Stored data entries
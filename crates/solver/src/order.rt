//! The order in which variables are decided, and the values that are tried first. No contract speaks of it.
ghost use Rattle.std.specs.Prelude.{◌≡◌, ◌⊎◌, ℕ, ◌+◌, ◌*◌, ◌/◌, ◌<◌, IfSome, IfNone, OnSome, true, false};
ghost use Rattle.clause_pool.specs.Literal.{complement};
ghost use Rattle.clause_pool.specs.Clause.{has};

use crate::rank::Ranking;
use clause_pool::Lit;
use pb_base::Memory;
use propagate::Engine;
use std::alloc::Global;

// Where the step by which activities grow reaches this, all of them are halved 32 times.
const STEP_LIMIT: u64 = 1 << 48;

// Behind so many conflicts of a question its hints are forgotten.
const HINTED_CONFLICTS: u32 = 50;

/// The codes by activity, those that were in conflicts lately first, and of equals the lower one. Each has the value
/// that it had last. Other variables are not entered: once the codes have values, propagation gives them theirs.
#[derive(Drop)]
pub(crate) struct Order {
    pub(crate) ranking: Ranking,
    step: u64,
    // What is decided first, the last one before the others.
    hints: Vec<Lit>,
    // Those from this place on had their turn since the last conflict.
    hints_left: usize,
    // They were given for a question that has been asked.
    are_old: bool,
    hinted_conflicts: u32,
}

impl Order {
    /// So many codes with the value false, the lowest first.
    pub(crate) fn new(alloc: Global, codes: u32) -> Result<Order, Memory> {
        Ok(Order {
            ranking: Ranking::new(alloc, codes)?,
            step: 1 << 10,
            hints: Vec::new(alloc),
            hints_left: 0,
            are_old: false,
            hinted_conflicts: HINTED_CONFLICTS,
        })
    }

    /// The code of a literal was in a conflict. It has a value, and is entered anew where that is taken back.
    pub(crate) fn bump(&mut self, lit: Lit) {
        self.ranking.bump(lit, self.step);
    }

    /// A conflict is over: those to come count more.
    pub(crate) fn decay(&mut self) {
        self.hinted_conflicts = self.hinted_conflicts.saturating_sub(1);
        if self.hinted_conflicts == 0 {
            self.hints.clear();
        }
        self.step = self.step.saturating_add(self.step / 16);
        if self.step < STEP_LIMIT {
            return;
        }
        self.step >>= 32;
        self.ranking.halve();
    }

    /// The literals of the trail from this place on are taken back: each variable keeps its value to try it again.
    pub(crate) fn put_back(&mut self, lits: &[Lit], from: usize) {
        self.hints_left = self.hints.len();
        for place in from..lits.len() {
            self.ranking.put_back(lits[place]);
        }
    }

    /// The variables of these literals are to be decided before the others, each with this value. Where there is no room,
    /// none is.
    pub(crate) fn prefer(&mut self, hints: &[Lit]) {
        self.hints.clear();
        self.are_old = false;
        let _ = self.hints.extend_from_slice(hints);
    }

    /// A question is asked, with the hints that were given for it.
    pub(crate) fn begin(&mut self) {
        if self.are_old {
            self.hints.clear();
        }
        self.are_old = true;
        self.hints_left = self.hints.len();
        self.hinted_conflicts = HINTED_CONFLICTS;
    }

    // The next hint, if one is left.
    fn next_hint(&mut self) -> Option<Lit>
        ensures { OnSome result (self.new.hints_left < self.old.hints_left) }
    {
        if self.hints_left == 0 {
            return None;
        }
        self.hints_left -= 1;
        self.hints.get(self.hints_left).copied()
    }
}

/// The next variable to decide with the value to try, or none where each has a value.
pub(crate) fn pick(order: &mut Order, engine: &Engine) -> Option<Lit>
    ensures below { IfSome result (λ l. l < 2 * engine.now.vars) }
    ensures not_true { IfSome result (λ l. has engine.now.lits l ≡ false) }
    ensures not_false { IfSome result (λ l. has engine.now.lits (complement l) ≡ false) }
    ensures none { IfNone result ((v : ℕ) → v < engine.now.vars
        → (has engine.now.lits (2 * v) ≡ true) ⊎ (has engine.now.lits (2 * v + 1) ≡ true)) }
{
    while let Some(hint) = order.next_hint() {
        if hint.var() < engine.vars() && engine.value(hint).is_none() {
            return Some(hint);
        }
    }
    while let Some(lit) = order.ranking.pop() {
        if lit.var() < engine.vars() && engine.value(lit).is_none() {
            return Some(lit);
        }
    }
    first_open(engine)
}

// The lowest variable without a value, as its negative literal.
fn first_open(engine: &Engine) -> Option<Lit>
    ensures below { IfSome result (λ l. l < 2 * engine.now.vars) }
    ensures not_true { IfSome result (λ l. has engine.now.lits l ≡ false) }
    ensures not_false { IfSome result (λ l. has engine.now.lits (complement l) ≡ false) }
    ensures none { IfNone result ((v : ℕ) → v < engine.now.vars
        → (has engine.now.lits (2 * v) ≡ true) ⊎ (has engine.now.lits (2 * v + 1) ≡ true)) }
{
    for var in 0..engine.vars() {
        let lit = Lit::new(var, false);
        if engine.value(lit).is_none() {
            return Some(lit);
        }
    }
    None
}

# EXERCISE DETAILS
Your answer must consist solely of the lines above between the line holding "before the others." and the line holding "one is left.", inclusive, copied exactly.

# WRITTEN ANSWER
    // What is decided first, the last one before the others.
    hints: Vec<Lit>,
    // Those from this place on had their turn since the last conflict.
    hints_left: usize,
    // They were given for a question that has been asked.
    are_old: bool,
    hinted_conflicts: u32,
}

impl Order {
    /// So many codes with the value false, the lowest first.
    pub(crate) fn new(alloc: Global, codes: u32) -> Result<Order, Memory> {
        Ok(Order {
            ranking: Ranking::new(alloc, codes)?,
            step: 1 << 10,
            hints: Vec::new(alloc),
            hints_left: 0,
            are_old: false,
            hinted_conflicts: HINTED_CONFLICTS,
        })
    }

    /// The code of a literal was in a conflict. It has a value, and is entered anew where that is taken back.
    pub(crate) fn bump(&mut self, lit: Lit) {
        self.ranking.bump(lit, self.step);
    }

    /// A conflict is over: those to come count more.
    pub(crate) fn decay(&mut self) {
        self.hinted_conflicts = self.hinted_conflicts.saturating_sub(1);
        if self.hinted_conflicts == 0 {
            self.hints.clear();
        }
        self.step = self.step.saturating_add(self.step / 16);
        if self.step < STEP_LIMIT {
            return;
        }
        self.step >>= 32;
        self.ranking.halve();
    }

    /// The literals of the trail from this place on are taken back: each variable keeps its value to try it again.
    pub(crate) fn put_back(&mut self, lits: &[Lit], from: usize) {
        self.hints_left = self.hints.len();
        for place in from..lits.len() {
            self.ranking.put_back(lits[place]);
        }
    }

    /// The variables of these literals are to be decided before the others, each with this value. Where there is no room,
    /// none is.
    pub(crate) fn prefer(&mut self, hints: &[Lit]) {
        self.hints.clear();
        self.are_old = false;
        let _ = self.hints.extend_from_slice(hints);
    }

    /// A question is asked, with the hints that were given for it.
    pub(crate) fn begin(&mut self) {
        if self.are_old {
            self.hints.clear();
        }
        self.are_old = true;
        self.hints_left = self.hints.len();
        self.hinted_conflicts = HINTED_CONFLICTS;
    }

    // The next hint, if one is left.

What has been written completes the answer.